Woodcutters is the first work of fiction by Bernhard that I have read. I remember once starting Frost and stopping, but after Woodcutters I have already ordered another novel. Woodcutters is not quite the closed-box I thought it was. It is hilarious in a way that is relevant to us all, living as we do in a bourgeois cultural milieu (you are on this blog, after all). It is not too long either, and easy to read. Bernhard’s style has his narrator constantly going in circles, searching for perfect barb with which to pierce his old friends’ bubbles. And these barbs are not the end. There is a sense, a limited sense, that underneath the cynicism and the misanthropy there is a good world and a good life to be found, just not the one we live in and not the one we’re living.

But that’s what we have books for. To show the way to something better.

Fragments of Pain – W. G. Sebald’s The Emigrants

The Emigrants is the second novel by W.G. Sebald, the late German academic who was based at the University of East Anglia, that I have read after Austerlitz. I read Austerlitz a few weeks ago and was not as affected by it as I felt I was supposed to be, and so I decided not to write a post about it. The Emigrants is concerned with many of the same themes as Austerlitz – memory, trauma, and the like – but it explores them in a way that was slightly more approachable and, as a result, more impactful. Sebald is a pretty unique phenomenon, and even if the horrors of central Europe’s twentieth century do not interest you, his way of writing about them is another reason to read him.

Austerlitz tells the story of Jacques Austerlitz, a man who discovers at the end of his schooldays that he is not the Welshman he thought he was, but a Jew from the Prague. This leads him to an odyssey of discovery as he tries to find out the truth of his origins, and whatever became of his parents. Austerlitz’s story comes to us mediated through a narrator who meets Austerlitz over the course of several years, often by complete chance. The Emigrants adopts a similar approach, but because it is made up of four short stories, ranging in length from under thirty pages to almost one hundred, the stories end up easier to follow, and their characters are a little easier to believe in.

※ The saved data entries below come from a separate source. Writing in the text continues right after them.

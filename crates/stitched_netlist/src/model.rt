// The netlist with the test logic built in, as a function of the netlist and of what fits it: specs/Stitched.antt has
// the whole, specs/Sites.antt and specs/Sides.antt what stands between the core and its pins, and specs/Keeps.antt what
// stays of the core.
// IEEE Std 1149.1-2001: test logic architecture, boundary-scan register; the order of cells and nets is own.
//
// - `stitched`: ports, nets and cells as lists. The core's cells come first, with the nets on the core's side of
//   their boundary cells (`core_side`) and the drivers behind them; then controller, instruction, bypass and
//   identification register, the boundary register from TDI to TDO, and TDO. Each part is the list that its own
//   crate adds.
// - `Keeps`: the ports are the old ones and the test access port's, and each cell of the core keeps its place, its
//   kind and its name.
// - Examples, by computation: the core and the boundary register of four small modules (two-state outputs without
//   and with HIGHZ, drivers of both polarities on one enable, an inout).
// By the contract of its law function.

ghost use Rattle.stitched_netlist.specs.Examples.{TwoStateCore, TwoStateRegister, DrivenCore, DrivenRegister, DriverCore, DriverRegister, InoutCore, InoutRegister};

use netlist_model::{Name, NetId};
use test_logic::{InstrNets, TapNets};

/// Where a boundary cell stands.
#[derive(Clone, Copy)]
pub enum Site {
    /// Beside an input, which goes to the core as it is.
    Observed,
    /// Between an input and the core.
    Input,
    /// Between the core and an output that is always driven.
    Output,
    /// The same, with a three-state driver that is added behind it.
    AddedDriver,
    /// Before the data of an output's three-state driver.
    Driver,
    /// Before the data of an inout's driver.
    Inout,
    /// Before the control of drivers.
    Control,
}

/// The names of the test access port.
#[derive(Clone, Copy)]
pub struct TapNames {
    pub tck: Name,
    pub tms: Name,
    pub tdi: Name,
    pub tdo: Name,
    pub trst: Name,
}

/// The nets of the test access port.
#[derive(Clone, Copy)]
pub struct TapPort {
    pub tck: NetId,
    pub tms: NetId,
    pub tdi: NetId,
    pub tdo: NetId,
    pub trst: NetId,
}

/// What the controller and the registers beside the boundary register hand on: of each test data register the
/// bit nearest TDO.
#[derive(Clone, Copy)]
pub struct Logic {
    pub tap: TapNets,
    pub instruction: InstrNets,
    pub bypass: NetId,
    pub ident: Option<NetId>,
}

/// The core and the boundary register of small netlists.
pub fn examples_are_stitched()
    ensures two_state_core { TwoStateCore }
    ensures two_state_register { TwoStateRegister }
    ensures driven_core { DrivenCore }
    ensures driven_register { DrivenRegister }
    ensures driver_core { DriverCore }
    ensures driver_register { DriverRegister }
    ensures inout_core { InoutCore }
    ensures inout_register { InoutRegister }
{}
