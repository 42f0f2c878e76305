// What crates above name of netlist_unlink.
pub use plan_fitting::lower_netlist_unlink::{dense_keeps_places, written_is_renumbered};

Each of the stories focuses on a different émigré, emigrant, or exile, from the lands inhabited by the Jews and Germans, with a final emigrant – Sebald’s narrator himself – as the one who hears and transcribes the stories of others, either from notebooks or diaries or from conversations. One thing that Sebald does well is emphasise the subjectivity of experience. This was perhaps a necessity in Postwar German literature – after all, how could one possibly write objectively about the Holocaust? The Holocaust isn’t even mentioned in The Emigrants, but all but one of the emigrants are Jews, at least in part, and in the suicides and despairs that fill the book’s pages the Holocaust is always present in the background. The Emigrants is less the record of the lives of four emigrants so much as the record of trying to record the lives of four emigrants.

James Wood, the critic, writes of Sebald’s great skill at conveying “whole lives”. Rather than the false omniscience of the third person, or the boundedness of the first, Sebald’s approach is a hybrid form that lets us see from the outside the course of a life – from youth to death – as other people perceive it, even as we understand that those same people are flawed and limited in their perceptions, and never able to see the whole picture. But what we hear in these stories is not to be completely trusted not only because people can never know everything, but also because people will know things and conceal them. We arrive too late to hear the full picture, but we can try to build it out of the fragments the narrator picks up from others. The emigrants have all left their country, and one obvious question that we can never fully answer, is why?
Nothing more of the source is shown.